Dzieci mają to do siebie że lubią wyrastać z danego rozmiaru pieluch akurat kiedy rodzice kupią giga-pakę. Peszek. To znaczy dla nas dobrze, bo rodzice tacy z reguły owe giga-paki nam podarowują, no bo co z tym zrobią.

b) znajomi z dziećmi w podobnym wieku którym pieluszki których używamy się nie sprawdziły

Rozumowanie to samo jak wyżej.

c) allegro/ebay etc

Dużo rodziców w sytuacji a) lub b) którzy nie mają znajomych z dziećmi młodszymi lub w podobnym wieku pozbywa się poczynionych zapasów na serwisach aukcyjnych w dobrej cenie. Warto patrzeć

d) wymiana pieluszek na tańsze

Trzeba testować, no. A nóż Dady, jak w naszym przypadku, sprawdzą się nawet lepiej niż Pampersy?

e) Ceneo

Ceneo czy inna porównywarka cen. Ja już tylko tak kupuję pieluchy (poza Dadami z Biedry, jasna rzecz). Wpisujemy co nas interesuje, a Ceneo nam pokazuje gdzie dostaniemy daną rzecz najtaniej i linkuje nas do odpowiedniego sklepu. Uwaga na gigapaki, bo czasem w mniejszych opakowaniach (podczas promo) wychodzi cały interes online taniej. Wyszukiwarka pokazuje nam ile to wychodzi w przeliczeniu na sztukę i ogólnie takie zamówienie to nic prostszego a oszczędzić można i 1/3 ceny hipermarketowej.

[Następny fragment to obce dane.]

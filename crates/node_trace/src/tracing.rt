//! The lines of a text, all read before any is done.

use crate::commands::{TraceCommand, read_command};
use crate::fault::TraceFault;
use crate::performing::{open_running, or_dash, perform};
use bootstrap::Node;
use lab_words::{Answered, NumberedLineFault, Question, WordFault, read_questions};
use script_text::TextWriter;
use std::alloc::Global;
use step_meter::StepMeter;

/// The answers to the lines of a text, in their order. Of the Steps for which `step` and `run` ask the meter allows each.
///
/// # Errors
///
/// `Line` with the first line that is wrong, and then none is done: all are read before. `Steps` if the meter allows no more
/// Steps; `Memory` if an allocation fails.
pub fn trace<'a, M: StepMeter>(
    alloc: Global,
    text: &'a [u8],
    meter: &mut M,
) -> Result<Vec<Answered<'a>>, TraceFault> {
    let questions = read_questions(alloc, text, 0)?;
    let commands = read_commands(alloc, questions.as_slice())?;
    answer_all(alloc, questions.as_slice(), commands.as_slice(), meter)
}

/// Reads a line, and does nothing. `Wrong` with the first word that is wrong or missing, or that comes after the end.
pub fn read_trace_line(alloc: Global, line: &str) -> Result<(), WordFault> {
    match read_command(alloc, line) {
        Ok(_) => Ok(()),
        Err(fault) => Err(fault),
    }
}

// What each line asks for.
fn read_commands(
    alloc: Global,
    questions: &[Question<'_>],
) -> Result<Vec<TraceCommand>, NumberedLineFault> {
    let mut commands = Vec::new(alloc);
    for question in questions {
        match read_command(alloc, question.text) {
            Ok(command) => commands.push(command)?,
            Err(fault) => return Err(fault.at(question.line)),
        }
    }
    Ok(commands)
}

// Does all on a node, one after another.
fn answer_all<'a, M: StepMeter>(
    alloc: Global,
    questions: &[Question<'a>],
    commands: &[TraceCommand],
    meter: &mut M,
) -> Result<Vec<Answered<'a>>, TraceFault> {
    let mut answers = Vec::new(alloc);
    let mut node = open_running(alloc, 4096)?;
    for (question, command) in questions.iter().zip(commands.iter()) {
        let (after, answer) = answer(alloc, node, command, meter)?;
        node = after;
        answers.push(Answered {
            question: *question,
            answer,
        })?;
    }
    Ok(answers)
}

// Does what a line asks for on a node, and gives it as it is then, with the answer.
fn answer<M: StepMeter>(
    alloc: Global,
    node: Node,
    command: &TraceCommand,
    meter: &mut M,
) -> Result<(Node, String), TraceFault> {
    let mut text = TextWriter::new(alloc);
    let node = perform(alloc, node, command, meter, &mut text)?;
    let answer = or_dash(alloc, text.finish()?.as_str())?;
    Ok((node, answer))
}
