//! Instructions as bytes of code.

use lab_words::{Wanted, WordForm, Words};
use std::alloc::{AllocError, Global};
use t414_assembly::{Mnemonic, mnemonic_named, operand_of, spell};
use t414_decode::Function;

/// An instruction, as the assembler has it.
pub const INSTRUCTION: Wanted = Wanted::Word("an instruction", WordForm::Instruction);

/// Reads an instruction as the assembler does, and appends its bytes to `code`: a function and its operand, an operation, or
/// `hex` and bytes. Returns whether there was one; if there was none nothing is read.
pub fn read_instruction(
    alloc: Global,
    words: &mut Words,
    code: &mut Vec<u8>,
) -> Result<bool, AllocError> {
    if words.take_if("hex") {
        let bytes = words.bytes(alloc)?;
        code.extend_from_slice(bytes.as_slice())?;
        return Ok(true);
    }
    let Some(mnemonic) = mnemonic_named(words.peek()) else {
        return Ok(false);
    };
    let _ = words.take(INSTRUCTION);
    let spelling = match mnemonic {
        Mnemonic::Function(function) => spell(function, read_operand(words)),
        Mnemonic::Operation(operation) => spell(Function::Operate, operation),
    };
    code.extend_from_slice(spelling.as_slice())?;
    Ok(true)
}

fn read_operand(words: &mut Words) -> u32 {
    let wanted = Wanted::Word("an operand", WordForm::Operand);
    let place = words.place();
    let word = words.take(wanted);
    words.or_reject(place, operand_of(word), 0, wanted)
}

Plus kurier pod same drzwi więc nie trzeba tego dźwigać. Woohoo!
  
No i jak już tak pooszczędzamy... To z dużo mniejszymi wyrzutami sumienia możemy się szarpnąć na otulacze bambusowe aden+anais o których pewna znajoma mama kusicielka-gadżeciarka pisałą u siebie na blogu a my od zmacania owych w tej znajomej mamy ogrodzie nie możemy bez nich (a jakże!) żyć (patrz: ja!!!!!)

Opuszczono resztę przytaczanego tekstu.